Could you see the company making acquisitions in the future? And if so, what would you be looking for?

That’s a really interesting question. I think for an acquisition to make sense, a lot of stars need to align. The first one is cultural. We want a company that fits our values and principles and operates in a similar way such that there will be a good cultural fit. The second is technology, and as I said, so far, it’s been hard for us to find outside technology that we can just bolt into our system because our architecture is so different. But perhaps, as we veer into areas of security for AI that are a little bit higher up the stack, maybe something like that could make sense. And then, of course, the third one needs to be price. And so far, we haven’t found a company that fits all of those criteria. But as we grow and as we generate a lot more cash, that could make sense in the future.

Now I can see all the AI security companies’ bosses calling their marketing people and asking, ‘What do we need to do to get Renen Hallak’s attention?’ So last question, what are your strategic priorities for the rest of 2026?
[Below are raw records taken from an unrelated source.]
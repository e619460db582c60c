// Items: the symbol that each declares, and its first fault.

ghost use Rattle.std.specs.Prelude.{◌≡◌, ◌++◌, true, [], Some, map, IfOk, IfErr};
ghost use Rattle.std.specs.Borrow.{Bor};
ghost use Rattle.kv_sig.specs.Signatures.{added};
ghost use Rattle.kv_flat.specs.Faults.{Declares, Finds, has_fault_row};
ghost use Rattle.kv_flat.specs.Items.{fault_behind, is_sort, or_clash, parameters_fault, sort_fault, sorts_fault, sorts_of, symbol_of, with_item};
ghost use Rattle.kv_syn.specs.ProjectBridge.{plain_item};
ghost use Rattle.kv_syn.specs.Readable.{is_readable_item};
ghost use Rattle.kv_names.specs.declared.symbols.Var.{Var as VarTree};

use crate::faults::{FlatError, fault};
use kv_sig::{Sig, SigError};
use kv_syn::{Item, List, Name, NoMemory, Plain, Profile, Symbol, Var};
use kv_table::reason;
use std::alloc::Global;
use std::collections::HashSet;

/// Adds the symbol that an item declares, or tells the item's first fault: its name comes first, and then what stands
/// behind it, from left to right.
pub fn declare(alloc: Global, item: &Item, sig: &mut Sig) -> Result<(), FlatError>
    requires { is_readable_item item.now ≡ true }
    ensures item { Declares (with_item sig.old (plain_item item.now)) sig.new result }
    ensures row { IfErr result (λ error. has_fault_row error ≡ true) }
{
    let symbol = symbol_of(alloc, item)?;
    add(alloc, symbol, sig)?;
    check_behind(alloc, item, sig)
}

/// The symbol that an item declares.
fn symbol_of(alloc: Global, item: &Item) -> Result<Symbol, NoMemory>
    requires { is_readable_item item.now ≡ true }
    ensures { IfOk result (λ symbol. symbol_of (plain_item item.now) ≡ Some symbol) }
{
    match item {
        Item::Sort(name) => symbol(alloc, name, Profile::Sort),
        Item::Fun { name, args, result } => {
            let args = args.copy(alloc)?;
            let result = result.copy(alloc)?;
            symbol(alloc, name, Profile::Fun { args, result })
        }
        Item::Pred { name, args } => {
            let args = args.copy(alloc)?;
            symbol(alloc, name, Profile::Pred { args })
        }
        Item::Proc {
            name,
            values,
            refs,
            ..
        } => {
            let values = sorts_of(alloc, values.items())?;
            let refs = sorts_of(alloc, refs.items())?;
            symbol(alloc, name, Profile::Proc { values, refs })
        }
        _ => unreachable!(),
    }
}

/// The symbol of that name and profile.
fn symbol(alloc: Global, name: &Name, profile: Profile) -> Result<Symbol, NoMemory>
    ensures { IfOk result (λ symbol. symbol ≡ record { name = name.now; profile = profile }) }
{
    Ok(Symbol {
        name: name.copy(alloc)?,
        profile,
    })
}

/// The sorts of parameters.
fn sorts_of(alloc: Global, parameters: &[Var]) -> Result<List<Name>, NoMemory>
    ensures { IfOk result (λ sorts. sorts ≡ sorts_of parameters.now) }
{
    let mut sorts = List::new(alloc);
    for parameter in parameters {
        sorts.push(parameter.sort.copy(alloc)?)?;
    }
    Ok(sorts)
}

/// Adds a symbol, or tells the clash of its name.
fn add(alloc: Global, symbol: Symbol, sig: &mut Sig) -> Result<(), FlatError>
    ensures symbol { Declares (or_clash (added sig.old symbol)) sig.new result }
    ensures row { IfErr result (λ error. has_fault_row error ≡ true) }
{
    match sig.add(symbol) {
        Ok(()) => Ok(()),
        Err(SigError::Clash { name }) => Err(fault(alloc, reason::CLASH, &name)),
        Err(SigError::NoMemory) => Err(FlatError::NoMemory),
    }
}

/// Tells the first fault behind an item's name.
fn check_behind(alloc: Global, item: &Item, sig: &Sig) -> Result<(), FlatError>
    ensures fault { Finds (fault_behind sig.now (plain_item item.now)) result }
    ensures row { IfErr result (λ error. has_fault_row error ≡ true) }
{
    match item {
        Item::Fun { args, result, .. } => {
            check_sorts(alloc, args.items(), sig)?;
            check_sort(alloc, result, sig)
        }
        Item::Pred { args, .. } => check_sorts(alloc, args.items(), sig),
        Item::Proc { values, refs, .. } => {
            let parameters = parameters(alloc, values.items(), refs.items())?;
            check_parameters(alloc, &parameters, sig)
        }
        _ => Ok(()),
    }
}

/// Tells the first fault of sorts.
fn check_sorts(alloc: Global, sorts: &[Name], sig: &Sig) -> Result<(), FlatError>
    ensures fault { Finds (sorts_fault sig.now sorts.now) result }
    ensures row { IfErr result (λ error. has_fault_row error ≡ true) }
{
    for sort in sorts {
        check_sort(alloc, sort, sig)?;
    }
    Ok(())
}

/// Tells the fault of a sort that isn't there.
fn check_sort(alloc: Global, sort: &Name, sig: &Sig) -> Result<(), FlatError>
    ensures fault { Finds (sort_fault sig.now sort.now) result }
    ensures row { IfErr result (λ error. has_fault_row error ≡ true) }
{
    if is_sort(sig, sort) {
        Ok(())
    } else {
        Err(fault(alloc, reason::UNKNOWN, sort))
    }
}

fn is_sort(sig: &Sig, name: &Name) -> bool
    ensures { result ≡ is_sort sig.now name.now }
{
    matches!(sig.look(name), Some(Profile::Sort))
}

/// All parameters of a procedure, in order.
fn parameters<'a>(
    alloc: Global,
    values: &'a [Var],
    refs: &'a [Var],
) -> Result<Vec<&'a Var>, NoMemory>
    ensures { IfOk result (λ parameters. map (λ (x : Bor VarTree). x.now) parameters.items ≡ values.now ++ refs.now) }
{
    let parameters: Vec<&Var> = values.iter().chain(refs.iter()).collect(alloc)?;
    Ok(parameters)
}

/// Tells the first fault of parameters. Each name is looked up once, by its hash.
fn check_parameters(alloc: Global, parameters: &[&Var], sig: &Sig) -> Result<(), FlatError>
    ensures fault { Finds (parameters_fault sig.now [] (map (λ (x : Bor VarTree). x.now) parameters.now)) result }
    ensures row { IfErr result (λ error. has_fault_row error ≡ true) }
{
    let mut before = HashSet::new(alloc);
    for parameter in parameters {
        let Ok(is_new) = before.insert(parameter.name.bytes()) else {
            return Err(FlatError::NoMemory);
        };
        if !is_new {
            return Err(fault(alloc, reason::DUPLICATE, &parameter.name));
        }
        check_sort(alloc, &parameter.sort, sig)?;
    }
    Ok(())
}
We want to keep growing. We’ve gotten used to tripling every year. We hope to at least triple again this year. The demand is there. Everybody is realizing that AI requires this new architecture that we’ve built, and so we’re getting pulled into a lot of very interesting projects, and our customer base is growing fast and growing with us very quickly. We started by focusing on the most data-intensive organizations on the planet a few years back, and as we progress, we want to expand into other parts of the market. We do that through partnerships. We’re now partnering with the big clouds, the hyperscalers, for them to offer our services and who are now growing very quickly in the enterprise as enterprises adopt AI into production. And so those are some of the things that we’re focused on. At the same time, we’re growing geographically. We’re adding new countries that we weren’t in before. We’re growing up the stack in the sense that we’re adding more services to our platform that we didn’t have before. And all of those are growth factors and trajectories that we hope will materialize in 2026.